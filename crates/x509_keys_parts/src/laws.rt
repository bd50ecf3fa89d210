//! Laws of the types of this crate. A function here does nothing when it runs: its contract is the law.

ghost use Rattle.std.specs.Prelude.{◌≡◌, ◌∷◌, ◌++◌, ◌↔◌, [], ℕ, List, Some, true};
ghost use Rattle.x509_der.specs.Tally.{Tally};
ghost use Rattle.x509_der.specs.Element.{element};
ghost use Rattle.x509_der.specs.Tagged.{tagged};
ghost use Rattle.x509_der.specs.Items.{items};
ghost use Rattle.x509_keys_parts.specs.AesAuthEncParams.{AuthEncParams, auth_enc};
ghost use Rattle.x509_keys_parts.specs.AesLaws.{AuthEncAt, AesAt};
ghost use Rattle.x509_keys_parts.specs.AesParameters.{aes_parameters};
ghost use Rattle.x509_keys_parts.specs.AlgorithmIdentifier.{Algorithm, algorithm_identifier, identified};
ghost use Rattle.x509_keys_parts.specs.AlgorithmKinds.{kind_of};
ghost use Rattle.x509_keys_parts.specs.AlgorithmLaws.{fit, FieldsAt as AlgorithmAt};
ghost use Rattle.x509_keys_parts.specs.HashAlgorithms.{hash_arcs, hash_of, hash_algorithm};
ghost use Rattle.x509_keys_parts.specs.RsassaPss.{mask_gen, rsassa_pss};
ghost use Rattle.x509_keys_parts.specs.DigestInfos.{digest_info};
ghost use Rattle.x509_keys_parts.specs.HashLaws.{HashAt, MaskGenAt, PssAt, DigestInfoAt};
ghost use Rattle.x509_keys_parts.specs.ShaVariants.{sha_arcs, sha_of};
ghost use Rattle.x509_keys_parts.specs.RawAlgorithm.{RawAlgorithm, raw_algorithm, FieldsAt};

use crate::aes::AesParameters;
use crate::aes_auth_enc::AesAuthEncParams;
use crate::algorithm_identifier::AlgorithmIdentifier;
use crate::algorithm_parameters::AlgorithmIdentifierParameters;
use crate::digest_info::DigestInfo;
use crate::hash_algorithm::HashAlgorithm;
use crate::raw_algorithm_identifier::RawAlgorithmIdentifier;
use crate::rsassa_pss::{MaskGenAlgorithm, RsassaPssParams};
use crate::sha_variant::ShaVariant;
use std::alloc::Allocator;
use x509_der::laws::{fields, spellings_are_lawful};

/// In each encoding of an algorithm identifier with raw parameters the object identifier stands right behind the header
/// and the parameters behind it, each with the deviations that lie within its slice; so each slice is its field's DER
/// encoding exactly where no deviation lies within it.
pub fn raw_algorithm_fields<A: Allocator + Copy>()
    ensures { (v : RawAlgorithm) (string : List ℕ) (y : Tally) → raw_algorithm.spelled v string y →
        FieldsAt v string y }
{
    fields::<RawAlgorithmIdentifier<A>, A>();
}

/// `HashAlgorithm::from_oid` of what `to_oid` gives is the same hash function, for all eight, and no other object
/// identifier names it.
#[tactic(auto, using(crate::specs::facts::HashAlgorithmFacts::hash_there, crate::specs::facts::HashAlgorithmFacts::hash_again))]
pub fn hash_identifiers()
    ensures same { (hash : HashAlgorithm) → hash_of (hash_arcs hash) ≡ Some hash }
    ensures only { (arcs : List ℕ) (hash : HashAlgorithm) → hash_of arcs ≡ Some hash → arcs ≡ hash_arcs hash }
{}

/// `ShaVariant::from_oid` of what `to_oid` gives is the same hash function, for all fourteen, and no other object
/// identifier names it.
#[tactic(auto, using(crate::specs::facts::ShaVariantFacts::sha_there, crate::specs::facts::ShaVariantFacts::sha_again))]
pub fn sha_identifiers()
    ensures same { (sha : ShaVariant) → sha_of (sha_arcs sha) ≡ Some sha }
    ensures only { (arcs : List ℕ) (sha : ShaVariant) → sha_of arcs ≡ Some sha → arcs ≡ sha_arcs sha }
{}

/// In each encoding of an algorithm identifier the object identifier stands right behind the header, and behind it the
/// parameters that its kind says, each with the deviations that lie within its slice.
pub fn algorithm_fields<A: Allocator + Copy>()
    ensures { (v : Algorithm A) (string : List ℕ) (y : Tally) → algorithm_identifier.spelled v string y →
        AlgorithmAt v string y }
{
    fields::<AlgorithmIdentifier<A>, A>();
}

/// An algorithm identifier is readable exactly where it has the parameters that its object identifier says, and what is
/// read is. So nothing is read as an algorithm identifier of MD5 with RSA encryption, of MD5, or of DSA with SHA-1 and
/// NULL, as their makers give them.
pub fn algorithms_fit<A: Allocator + Copy>()
    ensures readable { (v : Algorithm A) → algorithm_identifier.readable v ↔ (
        fit (kind_of v.algorithm) v.parameters ≡ true
        ) }
    ensures fit { (v : Algorithm A) (string : List ℕ) (y : Tally) → algorithm_identifier.spelled v string y →
        fit (kind_of v.algorithm) v.parameters ≡ true }
    ensures md5_with_rsa { (string : List ℕ) (y : Tally) →
        (algorithm_identifier {A = A}).spelled (identified (1 ∷ 2 ∷ 840 ∷ 113549 ∷ 1 ∷ 1 ∷ 4 ∷ [])
        AlgorithmIdentifierParameters.Null) string y → ⊥ }
    ensures md5 { (string : List ℕ) (y : Tally) → (algorithm_identifier {A = A}).spelled
        (identified (1 ∷ 2 ∷ 840 ∷ 113549 ∷ 2 ∷ 5 ∷ []) AlgorithmIdentifierParameters.Null) string y → ⊥ }
    ensures dsa_with_sha1 { (string : List ℕ) (y : Tally) →
        (algorithm_identifier {A = A}).spelled (identified (1 ∷ 2 ∷ 840 ∷ 10040 ∷ 4 ∷ 3 ∷ [])
        AlgorithmIdentifierParameters.Null) string y → ⊥ }
{
    spellings_are_lawful::<AlgorithmIdentifier<A>, A>();
}

/// The law of fields of `HashAlgorithm`: in each encoding the object identifier stands right behind the header, and
/// behind it NULL or nothing.
pub fn hash_fields<A: Allocator + Copy>()
    ensures { (v : HashAlgorithm) (string : List ℕ) (y : Tally) → hash_algorithm.spelled v string y →
        HashAt v string y }
{
    fields::<HashAlgorithm, A>();
}

/// The law of fields of `MaskGenAlgorithm`: in each encoding the object identifier stands right behind the header, and
/// behind it the hash algorithm, with the deviations that lie within its slice.
pub fn mask_gen_fields<A: Allocator + Copy>()
    ensures { (v : MaskGenAlgorithm A) (string : List ℕ) (y : Tally) → mask_gen.spelled v string y →
        MaskGenAt v string y }
{
    fields::<MaskGenAlgorithm<A>, A>();
}

/// The law of fields of `RsassaPssParams`: in each encoding the hash algorithm, the mask generation algorithm and the
/// INTEGER of the salt length stand one behind another, under their tags, each with the deviations that lie within its
/// slice.
pub fn rsassa_pss_fields<A: Allocator + Copy>()
    ensures { (v : RsassaPssParams A) (string : List ℕ) (y : Tally) → rsassa_pss.spelled v string y →
        PssAt v string y }
{
    fields::<RsassaPssParams<A>, A>();
}

/// The law of fields of `DigestInfo`: in each encoding the algorithm stands right behind the header, with the
/// deviations that lie within its slice, and behind it the digest.
pub fn digest_info_fields<A: Allocator + Copy>()
    ensures { (v : DigestInfo A) (string : List ℕ) (y : Tally) → digest_info.spelled v string y →
        DigestInfoAt v string y }
{
    fields::<DigestInfo<A>, A>();
}

/// The law of fields of `AesAuthEncParams`: in each encoding the nonce stands right behind the header, and behind it
/// the length of the integrity check value.
pub fn aes_auth_enc_fields<A: Allocator + Copy>()
    ensures { (v : AuthEncParams) (string : List ℕ) (y : Tally) → auth_enc.spelled v string y → AuthEncAt v string y }
{
    fields::<AesAuthEncParams<A>, A>();
}

/// The law of fields of `AesParameters`: each encoding is one of the alternative that was taken, whole.
pub fn aes_parameters_fields<A: Allocator + Copy>()
    ensures { (v : AesParameters A) (string : List ℕ) (y : Tally) → aes_parameters.spelled v string y →
        AesAt v string y }
{
    fields::<AesParameters<A>, A>();
}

+--

Task: From the material above, gather all lines that include the string "only" and copy them.

Response below:
    ensures only { (arcs : List ℕ) (hash : HashAlgorithm) → hash_of arcs ≡ Some hash → arcs ≡ hash_arcs hash }
    ensures only { (arcs : List ℕ) (sha : ShaVariant) → sha_of arcs ≡ Some sha → arcs ≡ sha_arcs sha }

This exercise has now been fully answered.